Tuesday, May 22, 2018

Revisiting The Book of Trees

This week I did something I've never done before. I re-read one of my already published books. Usually as soon as I'm finished a project, I never look at it again except for readings or interviews.  



I picked up The Book of Trees this week because while working on my memoir I was trying to remember why I wanted to study at a yeshiva in Israel. The book didn't prove that helpful- the protagonist Mia wants to become an orthodox Jew because her home life is so unsatisfying- she has an absent father, a distant mother and no Jewish affiliation. This couldn't be farther from my own family or Jewish experience. As I read, I remembered many things about the book. I had forgotten that Mia's childhood home was based on my friends Janet and Bill's house in the Beaches area of Toronto. Neither of them lives in that house anymore. Bill passed away almost ten years ago and Janet now lives in BC. I had also forgotten about the country and rockabilly music that Mia's family plays in the book. Mostly I had forgotten what a funny and unsuitable character for a yeshiva Mia is. She's full of teenage angst and sexual desire and her attempts to fit into a religious world are fraught from the second she gets to Israel. 

I hadn't forgotten about the political realities that form this book, how Mia learns that many of the forests in Israel were planted over former Palestinian villages, and how Mia's political understanding of Palestinian oppression undoes her religious yearnings. I re-read many parts of the book in light of the news about the opening of the American embassy in Jerusalem last week, and the resulting violence in Gaza.  The New York Times podcast, The Daily reported two views of the embassy opening: Netanyahu's jubilant speech, and then the political reality of the violent suppression of Palestinian protest. Despite my rule against crying while driving, I couldn't help tearing up as I listened. I want Israel to be something it clearly is not: a place where my religious heritage is lived to its peaceful fullness, not an apartheid state where one's religious fulfilment only comes with the oppression of another. 

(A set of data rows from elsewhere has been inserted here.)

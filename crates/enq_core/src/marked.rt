//! Holds with marks, by which most names that differ are told apart without a look at them.
ghost use Rattle.std.specs.Prelude.{◌≡◌, ◌<◌, true, All, length, slice_index_or, false};
ghost use Rattle.enq_core.specs.Marks.{mark_of};
ghost use Rattle.enq_core.specs.declared.marked.TheConstants.{MARKS};

use crate::table::{Hold, Want};
use jname_core::ds_name::DsName;
use std::marker::Model;

/// How many marks there are.
pub(crate) const MARKS: usize = 8192;

/// A hold that keeps the mark of its name.
#[derive(Drop)]
pub struct MarkedHold {
    hold: Hold,
    mark: u16,
}

impl Model for MarkedHold {
    ghost use Rattle.std.specs.Prelude.{◌≡◌, ◌<◌};
    ghost use Rattle.enq_core.specs.declared.table.Hold.{Hold};
    ghost use Rattle.enq_core.specs.Marks.{mark_of};
    ghost use Rattle.enq_core.specs.declared.marked.TheConstants.{MARKS};

    ghost Value = { Hold };

    ghost view = { λ h. h.hold };

    ghost invariant = { λ h. (h.mark ≡ mark_of h.hold.name) × (h.mark < MARKS) };
}

impl MarkedHold {
    pub(crate) fn new(hold: Hold) -> MarkedHold
        ensures { result ≡ hold }
    {
        let mark = mark_of(&hold.name);
        MarkedHold { hold, mark }
    }

    pub fn hold(&self) -> &Hold
        ensures { result.now ≡ self.now }
    {
        &self.hold
    }

    pub fn job(&self) -> u16
        ensures { result ≡ self.now.job }
    {
        self.hold.job
    }

    /// The mark of its name.
    pub(crate) fn mark(&self) -> u16
        ensures mark { result ≡ mark_of self.now.name }
        ensures within { result < MARKS }
    {
        self.mark
    }
}

/// A number that two names have in common only seldom, unless they are the same.
pub(crate) fn mark_of(name: &DsName) -> u16
    ensures mark { result ≡ mark_of name.now }
    ensures within { result < MARKS }
{
    let mut mark: u32 = 0;
    for byte in name.as_slice() {
        mark = (mark * 9 + u32::from(*byte)) % 8192;
    }
    mark as u16
}

/// Sets what stands at the mark of each want.
pub(crate) fn mark_wants(marks: &mut [bool; MARKS], wants: &[Want])
    ensures { All (λ want. slice_index_or marks.new (mark_of want.name) false ≡ true) wants.now }
{
    for want in wants {
        marks[usize::from(mark_of(&want.name))] = true;
    }
}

Throughout the week my Facebook feed filled up with Israel/Palestinian stories, most of them sensitive to the Palestinian plight. I felt relieved and vindicated, and less alone as a Jew, until I reminded myself that this wasn't indicative of how the Jewish world really felt. It's so easy to surround ourselves with our own opinions on social media that the few well-written, but supportive of Israel posts stuck out as treasonous diatribes, despite their careful wording and sensitivity. 

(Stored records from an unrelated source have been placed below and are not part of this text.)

//! What stands in the way of jobs that wait, noted as long as no hold changes: a job that waits asks again in each of its turns.
ghost use Rattle.std.specs.Prelude.{◌≡◌, List, [], All, IfNone, IfSome, false, length, take};
ghost use Rattle.std.specs.Bool.{OnTrue};
ghost use Rattle.enq_core.specs.declared.table.Hold.{Hold};
ghost use Rattle.enq_core.specs.Holds.{AreWants, IsFirstBlock, is_blocked};
ghost use Rattle.enq_core.specs.Order.{AreInOrder};
ghost use Rattle.enq_core.specs.Waits.{AreRight};

use crate::conflict::{block_at_first, block_behind_first};
use crate::marked::MarkedHold;
use crate::table::{Blocked, Want};
use plain::listed::Listed;

/// A job that waits: what it wants first, up to the blocked name or beyond it, and what stands in its way.
#[derive(Drop)]
pub(crate) struct Wait {
    job: u16,
    wants: Listed<Want>,
    blocked: Blocked,
}

fn same_want(a: &Want, b: &Want) -> bool
    ensures { OnTrue result (a.now ≡ b.now) }
{
    a.exclusive == b.exclusive && a.name == b.name
}

/// Whether wants begin with what is noted.
fn begin_with(wants: &[Want], noted: &[Want]) -> bool
    ensures { OnTrue result (take (length noted.now) wants.now ≡ noted.now) }
{
    if noted.len() > wants.len() {
        return false;
    }
    for i in 0..noted.len() {
        if !same_want(&wants[i], &noted[i]) {
            return false;
        }
    }
    true
}

/// What is noted for a job whose wants begin so.
fn noted(waits: &[Wait], job: u16, wants: &[Want]) -> Option<Blocked>
    ensures { (holds : List Hold) → AreRight holds waits.now → IfSome result (IsFirstBlock holds wants.now) }
{
    for wait in waits {
        if wait.job == job && begin_with(wants, wait.wants.as_slice()) {
            return Some(wait.blocked);
        }
    }
    None
}

/// Notes what stands in the way of a job whose wants begin with these. Without memory nothing is noted.
fn note(waits: &mut Vec<Wait>, job: u16, wants: &[Want], blocked: &Blocked)
    ensures { (holds : List Hold) → AreRight holds waits.old.items → IsFirstBlock holds wants.now blocked.now → AreRight holds waits.new.items }
{
    waits.retain(|wait| wait.job != job);
    match Listed::copy_of(*waits.allocator(), wants) {
        Ok(wants) => {
            let _ = waits.push(Wait {
                job,
                wants,
                blocked: *blocked,
            });
        }
        Err(_) => {}
    }
}

/// Forgets what is noted, before a hold changes.
pub(crate) fn forget(waits: &mut Vec<Wait>)
    ensures { waits.new.items ≡ [] }
{
    waits.clear();
}

/// Finds the first want that a hold conflicts with, where none conflicts with the first of all, and notes it.
fn find(holds: &[MarkedHold], waits: &mut Vec<Wait>, job: u16, wants: &[Want]) -> Option<Blocked>
    requires holds { AreInOrder holds.now }
    requires wants { AreWants wants.now }
    requires first { All (λ want. is_blocked holds.now want ≡ false) (take 1 wants.now) }
    ensures none { IfNone result (All (λ want. is_blocked holds.now want ≡ false) wants.now) }
    ensures some { IfSome result (IsFirstBlock holds.now wants.now) }
    ensures right { AreRight holds.now waits.old.items → AreRight holds.now waits.new.items }
{
    match block_behind_first(holds, wants) {
        Some(blocked) => {
            note(waits, job, wants, &blocked);
            Some(blocked)
        }
        None => None,
    }
}

/// The first want that a hold conflicts with: what is noted for the job, or else what is found, the first of all before those behind it. It is noted
/// then, with no more wants than need be: a job that waits at its first name compares one name in its next turn.
pub(crate) fn what_blocks(
    holds: &[MarkedHold],
    waits: &mut Vec<Wait>,
    job: u16,
    wants: &[Want],
) -> Option<Blocked>
    requires holds { AreInOrder holds.now }
    requires wants { AreWants wants.now }
    requires right { AreRight holds.now waits.old.items }
    ensures none { IfNone result (All (λ want. is_blocked holds.now want ≡ false) wants.now) }
    ensures some { IfSome result (IsFirstBlock holds.now wants.now) }
    ensures right { AreRight holds.now waits.new.items }
{
    if let Some(blocked) = noted(waits.as_slice(), job, wants) {
        return Some(blocked);
    }
    match block_at_first(holds, wants) {
        Some(blocked) => {
            note(waits, job, &wants[..wants.len().min(1)], &blocked);
            Some(blocked)
        }
        None => find(holds, waits, job, wants),
    }
}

One post in my feed that caught my attention, was a link to an article on The Conversation by my friend Dorit Naaman, a Film and Media professor at Queen's University. Naaman is the director of the film Jerusalem, We Are Here, an interactive documentary that digitally re-inscribes Palestinians into the Jerusalem neighbourhoods they were evicted from in 1948.
Naaman's film reminds us of the 750,000 Palestinians who were evicted from their homes during The Nakhba, or catastrophe, and who by Israeli law do not have the right to return. Most Israelis who live in former Arab houses in Jerusalem, Haifa and Jaffa know nothing of the former inhabitants. Naaman's film attempts to fix this. "I realize that if we - as Israelis- do not face the past and remedy its wrongs, we will have no future," Naaman says. Israel is slowly moving toward a One State solution, and the only way toward reconciliation, Naaman writes, is through acknowledgement and compensation. 

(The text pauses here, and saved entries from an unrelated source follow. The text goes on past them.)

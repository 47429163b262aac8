//! Data set names held for jobs: all of a job's names at once, shared or exclusive. (This profile's rule)
#![tactic(auto)]

mod conflict;
pub mod marked;
pub mod order;
pub mod table;
mod waits;
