fn push_disp_line(
    out: &mut Draft,
    dd: usize,
    name: &Option<Name8>,
    word: DispWord,
) -> Result<(), AllocError>
    ensures kept { out.new.kept ≡ out.old.kept }
    ensures ok { OnOk result (out.new.begun ≡ out.old.begun ++ line_text (line.Disp dd name.now word)) }
{
    push_dd(out, b"DISP ", dd, name)?;
    push_disp(out, word)
}

fn push_back(
    out: &mut Draft,
    dd: usize,
    name: &Option<Name8>,
    word: BackWord,
) -> Result<(), AllocError>
    ensures kept { out.new.kept ≡ out.old.kept }
    ensures ok { OnOk result (out.new.begun ≡ out.old.begun ++ line_text (line.Back dd name.now word)) }
{
    push_dd(out, b"BACK ", dd, name)?;
    push(out, back_bytes(word))
}

fn push_code(out: &mut Draft, code: Code) -> Result<(), AllocError>
    ensures kept { out.new.kept ≡ out.old.kept }
    ensures ok { OnOk result (out.new.begun ≡ out.old.begun ++ line_text (line.Code code)) }
{
    push(out, b"CODE ")?;
    push_digits(out, 4, code.number())
}

impl JobLine {
    /// Puts the line's text, behind the job's number, at the end. An `Err` may leave a part of it.
    pub fn write_to(&self, out: &mut Draft) -> Result<(), AllocError>
        ensures kept { out.new.kept ≡ out.old.kept }
        ensures ok { OnOk result (out.new.begun ≡ out.old.begun ++ line_text self.now) }
    {
        match self {
            JobLine::Read {
                name,
                class,
                priority,
            } => push_read(out, name, *class, *priority),
            JobLine::Rejected(cause) => push_rejected(out, *cause),
            JobLine::Selected(initiator) => push_text_and_number(
                out,
                b"SELECTED ",
                u64::from(*initiator),
            ),
            JobLine::Broken(number) => push_text_and_number(out, b"BROKEN B", u64::from(*number)),
            JobLine::Names(names) => push_text_and_number(out, b"NAMES ", *names as u64),
            JobLine::WaitNames { holder, name } => push_wait(out, *holder, name),
            JobLine::WaitSpace(serial) => push_two(out, b"WAIT SPACE ", serial.as_slice()),
            JobLine::Assured { tracks, actions } => push_assured(out, *tracks, *actions),
            JobLine::Risk {
                fault,
                step,
                dd,
                path,
            } => push_risk(out, *fault, *step, *dd, path.as_slice()),
            JobLine::TooMany(step) => push_text_and_number(out, b"TOOMANY STEP ", *step as u64),
            JobLine::Refused => push(out, b"REFUSED"),
            JobLine::Cancelled => push(out, b"CANCELLED"),
            JobLine::Step {
                step,
                name,
                procedure_step,
                fate,
            } => push_step_line(out, *step, name, procedure_step, *fate),
            JobLine::Take { dd, name, word } => push_take_line(out, *dd, name, word),
            JobLine::Fault { fault, step, dd } => push_fault(out, *fault, *step, *dd),
            JobLine::Back { dd, name, word } => push_back(out, *dd, name, *word),
            JobLine::GetStart { name, serial } => push_get_start(out, name, serial),
            JobLine::GetData { name, text } => push_get_data(out, name, text),
            JobLine::GetEnd { name } => push_request(out, b"GET ", name, b" END"),
            JobLine::PutStart {
                name,
                serial,
                grown,
            } => push_put_start(out, name, serial, grown),
            JobLine::PutDone { name } => push_request(out, b"PUT ", name, b" DONE"),
            JobLine::Code(code) => push_code(out, *code),
            JobLine::Abend(abend) => push_abend_line(out, *abend),
            JobLine::Disp { dd, name, word } => push_disp_line(out, *dd, name, *word),
            JobLine::Left {
                step,
                dd,
                name,
                word,
            } => push_left(out, *step, *dd, name, *word),
            JobLine::End => push(out, b"END"),
        }
    }
}

fn push_rejected(out: &mut Draft, cause: Cause) -> Result<(), AllocError>
    ensures kept { out.new.kept ≡ out.old.kept }
    ensures ok { OnOk result (out.new.begun ≡ out.old.begun ++ line_text (line.Rejected cause)) }
{
    push(out, b"REJECTED ")?;
    push_cause(out, cause)
}

fn push_get_start(out: &mut Draft, name: &Name8, serial: &Serial) -> Result<(), AllocError>
    ensures kept { out.new.kept ≡ out.old.kept }
    ensures ok { OnOk result (out.new.begun ≡ out.old.begun ++ line_text (line.GetStart name.now serial.now)) }
{
    push_request(out, b"GET ", name, b" START ")?;
    push(out, serial.as_slice())
}

fn push_abend_line(out: &mut Draft, abend: Abend) -> Result<(), AllocError>
    ensures kept { out.new.kept ≡ out.old.kept }
    ensures ok { OnOk result (out.new.begun ≡ out.old.begun ++ line_text (line.Abend abend)) }
{
    push(out, b"ABEND ")?;
    push_abend(out, abend)
}

/// A job's line with the job's number.
fn push_job_line(out: &mut Draft, job: u16, line: &JobLine) -> Result<(), AllocError>
    ensures kept { out.new.kept ≡ out.old.kept }
    ensures ok { OnOk result (out.new.begun ≡ out.old.begun ++ job_line_text job line.now) }
{
    push_digits(out, 4, job)?;
    push(out, b" ")?;
    line.write_to(out)
}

The Book of Trees hasn't sold many copies. It received an icy reception in the Jewish publishing world, and even friends weren't always sure how to respond. One 'friend' said she wouldn't read it at all, that any criticism of Israel was anti-Semitic. I think my (non-Jewish) publisher was brave to take on the book, and didn't realize how unpopular the conclusions are that Mia comes to about the narrative of Jewish return. Mia wants Israel to be the culmination of everything she's learned about Judaism, but she can't help feeling that her own return is at the expense of other people who actually live on the land. 

It's a little odd to feel nostalgic or regretful about a book written more than ten years ago, but I still have secret hopes that somewhere Jewish teens are reading it and reconsidering their perceptions about Zionism. I hope that maybe they're getting a more balanced view of Israel and the moral obligations of being a nation.